Acrobatics is best suited for flying gem users, plus it's not priority.


----------



## Silversea

Shooot it took me forever to find rain to evolve sliggoo. Then I do a battle and it stops raining after >.<


----------



## Amnesia

Omfa said:


> Aerial Ace.



I see, thanks!



Silversea said:


> Is Hi Jump Kick the best idea? I suppose if you want the risk.



It's pretty risky x - x But I can take the risk and hope the opponent's attack miss or do low damage.


----------



## KarlaKGB

Why wouldn't you have Hi Jump Kick on a Mienshao? The risk is irrelevant, it's such a good move. Just beware of Ghost types when you run it, but other than that, its power far outweighs the small chance of missing.


----------



## Amnesia

Another pokemon question regarding Greninja this time x3
What moves should Greninja have? Mine is Protean with Timid Nature and I'm thinking of having spikes so it can dodge those electric types. But I'm unsure for the rest.


----------



## Omfa

Amnesia said:


> Another pokemon question regarding Greninja this time x3
> What moves should Greninja have? Mine is Protean with Timid Nature and I'm thinking of having spikes so it can dodge those electric types. But I'm unsure for the rest.



Spikes is not needed. I run Surf/Scald, Grass Knot, Dark Pulse and Ice Beam with a Kings Rock.
I don't use Greninja often as I prefer BellyJet Azumarill though.

Sidenote, I just wrecked a 13 year old kid I met on Omegle on Christmas, and feel very guilty.


----------



## Benjamin

just got 2 Golems, an Abomasnow, a gogoat and 5 5 IV pokemon from wondertrade. O and a 4 IV delibird holding a rare candy and nice egg moves


----------



## Klinkguin

I'm hopefully getting pokemon Y for xmas! Hopefully I don't accidentally get X.


----------



## Bread Kennedys

Spoiler: How I think a lot of last minute people felt when they had trouble choosing their starter












- - -Post Merge- - -

Also, I need a male Ralts so I can get Gallade later in the game but I can't find one on Route 4. >.>


----------



## Zeiro




----------



## Trent the Paladin

Klinkguin said:


> I'm hopefully getting pokemon Y for xmas! Hopefully I don't accidentally get X.



What's wrong with getting X?

@Rezio: Reblogged that on tumblr earlier, what a neat little comic.


----------



## MyLifeIsCake

Omg the GTs is explouding with gen 5 and below pokes/starters/ect. Too bad I don't have black/white...

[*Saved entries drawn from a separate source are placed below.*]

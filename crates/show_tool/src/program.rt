//! What the program does: the words of its environment, the files and standard output of the system, and one call of
//! `drive_show`.

use crate::drive::drive_show;
use fs_base::disk::DiskFiles;
use fs_base::writers::WriterSink;
use fsmd_replies::answer::Status;
use fsmd_tool::program::status_without_words;
use std::rt::Runtime;
use std::{env, io};

// The words of the call, without the program's name.
fn words<R: Runtime + AllocGlobal>(rt: &R) -> io::Result<Vec<String>> {
    Ok(env::args(rt)?.skip(1).collect(rt.alloc())?)
}

/// Runs the program in a runtime, and tells how it ended: as `drive_show` does for the words of the environment, and where
/// it gives none, `NoMemory` or `Fault`; then nothing is printed.
pub fn run_program<R: Runtime + AllocGlobal>(rt: &R) -> Status {
    match words(rt) {
        Ok(words) => drive_show(
            rt.alloc(),
            words.as_slice(),
            &mut DiskFiles::new(rt),
            &mut WriterSink::new(io::writer(rt)),
        ),
        Err(error) => status_without_words(&error),
    }
}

@Reizo that comic is so sad but true. I mean I know they're virtual but it makes me so sad to think of the unwanted pokes bred like puppy mills.


----------



## Scribbler397

MyLifeIsCake said:


> Omg the GTs is explouding with gen 5 and below pokes/starters/ect. Too bad I don't have black/white...
> 
> @Reizo that comic is so sad but true. I mean I know they're virtual but it makes me so sad to think of the unwanted pokes bred like puppy mills.

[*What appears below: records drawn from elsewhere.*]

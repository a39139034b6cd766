//! What each view answers, from its files.

ghost use Rattle.std.specs.Prelude.{◌≡◌, ◌≤◌, None, Some, IfOk};
ghost use Rattle.fsmd_words.specs.AskedWords.{asked_of_ask};
ghost use Rattle.fs_pair.specs.Interfaces.{interface_fault};
ghost use Rattle.fs_pair.specs.Positions.{positions};
ghost use Rattle.show_machine_pictures.specs.Pictures.{picture_of};
ghost use Rattle.fsmd_replies.specs.declared.answer.Answer.TheVariants.{Text};
ghost use Rattle.fsmd_answers.specs.Follows.{Ends, OpensPair, OpensMachine, OpensInputs, OpensCertificate};
ghost use Rattle.fsmd_tool.specs.Calls.{call, OnlyRead, IsCorrectFrom, AnswersBy};
ghost use Rattle.show_words.specs.ViewWords.{IsViewWithinLimits, shown_view};
ghost use Rattle.show_tool.specs.Views.{IsOfPairView, IsOfCertificate, IsOfTrace, ShownFrom};

use crate::answers::{
    certificate_of, differing_machines, picture_machines, trace_machine, why_machines,
};
use fs_ast::machine::Machine;
use fs_base::outside::Files;
use fs_pair::positions::Pairing;
use fsmd_answers::pair::Pair;
use fsmd_answers::reading::Loaded;
use fsmd_answers::refused::{Refused, made_answer};
use fsmd_replies::answer::{Answer, Lines, Operand};
use fsmd_tool::load::{load, load_certificate, load_inputs, load_pair};
use fsmd_words::asking::Ask;
use show_machine_pictures::pictures::picture_of;
use show_words::asking::{Show, View};
use std::alloc::{AllocError, Global};

// What `machine` answers: the picture of a machine.
fn show_machine<F: Files>(alloc: Global, ask: &Ask, files: &mut F) -> Result<Answer, Refused>
    ensures answers { AnswersBy (IsCorrectFrom (OpensMachine (λ m. Ends (λ answer. answer ≡ Text (picture_of m)))) 0
        (call (Some (asked_of_ask ask.now)) (F.told files.old) (F.told files.new))) result }
    ensures only_read { OnlyRead (F.told files.old) (F.told files.new) }
{
    let Loaded { machine, .. } = load(alloc, Operand(0), ask, files)?;
    let lines = Lines::of(picture_of(alloc, &machine)?);
    Ok(Answer::Text { lines })
}

/// What is shown of two machines by their files alone.
#[derive(Clone, Copy)]
pub enum PairView {
    /// The picture of what a search comes to.
    Picture,
    /// What led to the answer that they get.
    Why,
    /// The file of inputs that show a difference.
    Inputs,
}

// What is answered of two machines.
fn answer_machines(alloc: Global, view: PairView, pair: &Pair) -> Result<Answer, AllocError>
    requires paired { pair.now.pairing ≡ positions pair.now.left pair.now.right }
    requires alike { interface_fault pair.now.left pair.now.right ≡ None }
    ensures { IfOk result (IsOfPairView view pair.now.left pair.now.right) }
{
    match view {
        PairView::Picture => picture_machines(alloc, pair),
        PairView::Why => why_machines(alloc, pair),
        PairView::Inputs => differing_machines(alloc, pair),
    }
}

// What `pair`, `why` and `inputs` answer.
fn show_pair<F: Files>(
    alloc: Global,
    view: PairView,
    ask: &Ask,
    files: &mut F,
) -> Result<Answer, Refused>
    ensures answers { AnswersBy (IsCorrectFrom (OpensPair (λ a b. Ends (IsOfPairView view a b))) 0
        (call (Some (asked_of_ask ask.now)) (F.told files.old) (F.told files.new))) result }
    ensures only_read { OnlyRead (F.told files.old) (F.told files.new) }
{
    let pair = load_pair(alloc, ask, files)?;
    made_answer(answer_machines(alloc, view, &pair))
}

// What a certificate of two machines answers to the file that spells it.
fn show_certificate_of<F: Files>(
    alloc: Global,
    ask: &Ask,
    left: &Machine,
    right: &Machine,
    pairing: &Pairing,
    files: &mut F,
) -> Result<Answer, Refused>
    requires paired { pairing.now ≡ positions left.now right.now }
    requires alike { interface_fault left.now right.now ≡ None }
    ensures answers { AnswersBy (IsCorrectFrom
        (OpensCertificate left.now right.now (λ nodes. Ends (IsOfCertificate left.now right.now nodes))) 2
        (call (Some (asked_of_ask ask.now)) (F.told files.old) (F.told files.new))) result }
    ensures only_read { OnlyRead (F.told files.old) (F.told files.new) }
{
    let cert = load_certificate(alloc, Operand(2), ask, left, right, pairing, files)?;
    made_answer(certificate_of(alloc, left, right, pairing, &cert))
}

// What `certificate` answers.
fn show_certificate<F: Files>(alloc: Global, ask: &Ask, files: &mut F) -> Result<Answer, Refused>
    ensures answers { AnswersBy (IsCorrectFrom
        (OpensPair (λ a b. OpensCertificate a b (λ nodes. Ends (IsOfCertificate a b nodes)))) 0
        (call (Some (asked_of_ask ask.now)) (F.told files.old) (F.told files.new))) result }
    ensures only_read { OnlyRead (F.told files.old) (F.told files.new) }
{
    let Pair {
        left,
        right,
        pairing,
    } = load_pair(alloc, ask, files)?;
    show_certificate_of(alloc, ask, &left, &right, &pairing, files)
}

// What the trace of a machine answers to the file of its inputs.
fn show_trace_of<F: Files>(
    alloc: Global,
    ask: &Ask,
    machine: &Machine,
    steps: u64,
    files: &mut F,
) -> Result<Answer, Refused>
    requires { 1 ≤ steps }
    ensures answers { AnswersBy (IsCorrectFrom (OpensInputs machine.now (λ ins. Ends (IsOfTrace steps machine.now ins))) 1
        (call (Some (asked_of_ask ask.now)) (F.told files.old) (F.told files.new))) result }
    ensures only_read { OnlyRead (F.told files.old) (F.told files.new) }
{
    let inputs = load_inputs(alloc, Operand(1), ask, machine, files)?;
    made_answer(trace_machine(alloc, machine, &inputs, steps))
}

// What `trace` answers.
fn show_trace<F: Files>(
    alloc: Global,
    steps: u64,
    ask: &Ask,
    files: &mut F,
) -> Result<Answer, Refused>
    requires { 1 ≤ steps }
    ensures answers { AnswersBy (IsCorrectFrom (OpensMachine (λ m. OpensInputs m (λ ins. Ends (IsOfTrace steps m ins)))) 0
        (call (Some (asked_of_ask ask.now)) (F.told files.old) (F.told files.new))) result }
    ensures only_read { OnlyRead (F.told files.old) (F.told files.new) }
{
    let Loaded { machine, .. } = load(alloc, Operand(0), ask, files)?;
    show_trace_of(alloc, ask, &machine, steps, files)
}

/// What a view answers.
pub fn answer_view<F: Files>(alloc: Global, show: &Show, files: &mut F) -> Result<Answer, Refused>
    requires { IsViewWithinLimits (shown_view show.now).view }
    ensures answers { AnswersBy (IsCorrectFrom (ShownFrom (shown_view show.now).view) 0
        (call (Some (shown_view show.now).asked) (F.told files.old) (F.told files.new))) result }
    ensures only_read { OnlyRead (F.told files.old) (F.told files.new) }
{
    match show.view {
        View::Machine => show_machine(alloc, &show.ask, files),
        View::Pair => show_pair(alloc, PairView::Picture, &show.ask, files),
        View::Why => show_pair(alloc, PairView::Why, &show.ask, files),
        View::Certificate => show_certificate(alloc, &show.ask, files),
        View::Inputs => show_pair(alloc, PairView::Inputs, &show.ask, files),
        View::Trace { steps } => show_trace(alloc, steps, &show.ask, files),
    }
}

Same here. Then it makes me think of the sad, real puppies that are treated even worse than that.


----------



## Silversea

Serebii said:
			
		

> Shiny Charm is the reward for completing the National Pok?dex


Hell yes.


----------



## Farobi

Wonder Trade seems like fun now. Got a 5IV Egg move Gible c:


----------



## MyLifeIsCake

I got my cyndaquil ^^ Seriously it's so adorable in this game I can't even


----------



## Dizzi Paradise

I thought the Poketransporter wasn't opening til 27th?  Just got a Treecko on Wonder Trade...


----------



## Hikari

I started a Pokemon Y Nuzlocke this morning! Here's my Pokemon

Lilly ♀ (Froakie) Lv.12
Aqua ♀ (Azurill) Lv.11
Raven ♀ (Pidgey) Lv.14
Flutter ♀ (Spewpa) Lv. 11
Candi ♀ (Skitty) Lv.9

Boxed Pokemon:
Bugs ♂ (Bunnelby) Lv.3


----------



## puppy

Dizzi Paradise said:


> I thought the Poketransporter wasn't opening til 27th?  Just got a Treecko on Wonder Trade...

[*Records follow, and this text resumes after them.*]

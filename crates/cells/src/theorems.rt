ghost use Rattle.cells.specs.Tables.{TablesStand};

// A table that a function makes has that function's cells, and its cells tell a table.
pub fn tables_stand()
    ensures { TablesStand }
{}
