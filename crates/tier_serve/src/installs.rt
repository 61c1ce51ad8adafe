//! Installations.
ghost use Rattle.tier_serve.specs.Installs.{ServingInstalls};

/// An installation, where it is known how many requests the base's state has had.
pub fn serving_installs()
    ensures { ServingInstalls }
{}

its out in japan, and people are breeding them


----------



## Venn

Ugh, I want to do Wonder Trade, but it won't let me because I haven't updated the game and the eShop is taking forever to load..


----------



## Bread Kennedys

WT is being flooded with japanese pokemon from Gen 5 and below? Dang, I gotta get involved in this!

*Runs to his 3DS at the speed of light*


----------



## Venn

So I guess the eShop is under maintenance right now, meaning I have to wait...


----------



## Jake

im trying to use wonder trade to see what i can get but i never did the last update for X and Y so I cant connect to the internet and whenevr I try download it I get a connection error lol


----------



## Bread Kennedys

So GameFreak apparently has failed to keep out Hacked Pokemon. You'd think they'd want to destroy Hacked Pokemon every chance they get. .-.


----------



## Silversea

Hahahaha Kyogre water spout did 3 damage on my Ninetales. With drought up of course but still funny.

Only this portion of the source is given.